Start of INPUT

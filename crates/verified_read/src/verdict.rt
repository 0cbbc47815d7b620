use salus_hash::Digest;

/// What an answer is worth.
#[derive(Clone, Copy, PartialEq, Eq, Debug, Drop)]
pub enum Verdict {
    /// It answers none of the open questions.
    Unknown,
    /// It is of batch `at`, which is above the region's number: the replica is struck.
    Past { at: u64 },
    /// It is of batch `at`, which is below the region's number.
    Stale { at: u64 },
    /// It carries the block, and the question is closed.
    Block,
    /// Its path leads to `got`, where the region's root is `held`: the replica is struck.
    Bad { held: Digest, got: Digest },
}

/// What an answer is worth before its path is climbed.
#[derive(Clone, Copy, PartialEq, Eq, Debug, Drop)]
pub enum Standing {
    /// It answers none of the open questions.
    Unknown,
    /// It is of batch `at`, which is above the region's number: the replica is struck.
    Past { at: u64 },
    /// It is of batch `at`, which is below the region's number.
    Stale { at: u64 },
    /// It is of the region's number, and its path is still to be climbed.
    Present,
}
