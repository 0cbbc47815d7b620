use std::marker::Model;

/// A block that is asked for.
#[derive(Clone, Copy, PartialEq, Eq, Debug, Drop)]
pub struct Question {
    /// The event of the request that waits for the block.
    pub event: u64,
    /// The number that an answer names.
    pub number: u64,
    /// The block's number in the volume.
    pub block: u32,
}

impl Model for Question {
    ghost use Rattle.salus_model.specs.Waiting.{Question as Asked};

    ghost Value = { Asked };

    ghost view = { λ q. record { event = q.event; number = q.number; block = q.block } };

    ghost inverse = { λ q. record { event = q.event; number = q.number; block = q.block } };
}
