ghost use Rattle.std.specs.Prelude.{◌≡◌, ℕ, IfOk, IfSome, None, length, replicate};
ghost use Rattle.std.specs.Option.{option_copied};
ghost use Rattle.salus_model.specs.Answering.{all_struck};
ghost use Rattle.client_rules.specs.Tables.{struck_from};
ghost use Rattle.verified_read.specs.Entries.{struck_entry};
ghost use Rattle.verified_read.specs.Table.{fault_of};

use salus_types::{Items, NoMemory, Strike, Strikes};
use std::alloc::Global;

/// What stands under the number of an open question.
#[derive(Debug, Drop)]
pub struct Asked {
    /// The event of the request that waits for the block.
    pub event: u64,
    /// The block.
    pub block: u32,
    /// The first strike of each replica of the block's group.
    pub strikes: Strikes,
}

/// A place for the first strike of each replica.
pub fn no_strikes(alloc: Global, replicas: u32) -> Result<Strikes, NoMemory>
    ensures { IfOk result (λ strikes. strikes ≡ replicate replicas None) }
{
    Ok(Items::from_vec(vec![in alloc; None; replicas as usize]?))
}

/// Strikes a replica; its first strike stays.
fn strike_replica(strikes: &mut Strikes, replica: u8, strike: Strike)
    ensures { strikes.new ≡ struck_from 0 replica strike strikes.old }
{
    let place = replica as usize;
    match strikes.get(place) {
        Some(None) => strikes.set(place, Some(strike)),
        Some(Some(_)) => {}
        None => {}
    }
}

impl Asked {
    /// Strikes a replica, if the answer is for the block.
    pub fn strike(&mut self, block: u32, replica: u8, strike: Strike)
        ensures { self.new ≡ struck_entry block replica strike self.old }
    {
        if block == self.block {
            strike_replica(&mut self.strikes, replica, strike);
        }
    }

    fn all_struck(&self) -> bool
        ensures { result ≡ all_struck self.now.strikes }
    {
        self.strikes
            .as_slice()
            .iter()
            .all(|strike| strike.is_some())
    }

    /// The strikes, where each replica is struck.
    pub fn fault(&self) -> Option<&Strikes>
        ensures strikes { option_copied result ≡ fault_of self.now.strikes }
        ensures each { (replicas : ℕ) → length self.now.strikes ≡ replicas → IfSome result (λ strikes. length strikes.now ≡ replicas) }
    {
        if self.all_struck() {
            Some(&self.strikes)
        } else {
            None
        }
    }
}
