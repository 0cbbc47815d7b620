//! Questions for blocks that wait for their answers, and what an answer is worth: a block is believed only where its path
//! leads to the root that the client holds.
//!
//! An answer closes its question, asks for nothing, or strikes the replica that gave it; of each replica the first
//! strike is kept. A question fails where every replica of its block's group is struck. A client has two such tables, for
//! the open reads and for what the write at its head asks for, and the table knows nothing of either. Memory is taken
//! where a question is asked, and never where an answer comes.
#![tactic(auto)]

mod asked;
mod question;
mod reads;
mod verdict;

pub use question::Question;
pub use reads::Reads;
pub use verdict::{Standing, Verdict};
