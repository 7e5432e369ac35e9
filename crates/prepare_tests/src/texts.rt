//! Lines of tables, and the bytes in them.

use std::alloc::Global;
use std::process::Abort;

/// A line's three words.
pub fn words<'a>(rt: &impl Abort, line: &'a str) -> (&'a str, &'a str, &'a str) {
    let (first, rest) = line.split_once(' ').expect(rt, "a line of three words");
    let (second, third) = rest.split_once(' ').expect(rt, "a line of three words");
    (first, second, third)
}

/// The bytes that these digits spell, none for `-`.
pub fn bytes_of(rt: &impl Abort, alloc: Global, digits: &str) -> Vec<u8> {
    if digits == "-" {
        return Vec::new(alloc);
    }
    hex::decode(alloc, digits).expect(rt, "hexadecimal digits")
}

End of INPUT

• TASK INSTRUCTIONS: For the word "asks", go through the records and show each line that carries it.

• EXERCISE RESPONSE:
//! An answer closes its question, asks for nothing, or strikes the replica that gave it; of each replica the first
//! the open reads and for what the write at its head asks for, and the table knows nothing of either. Memory is taken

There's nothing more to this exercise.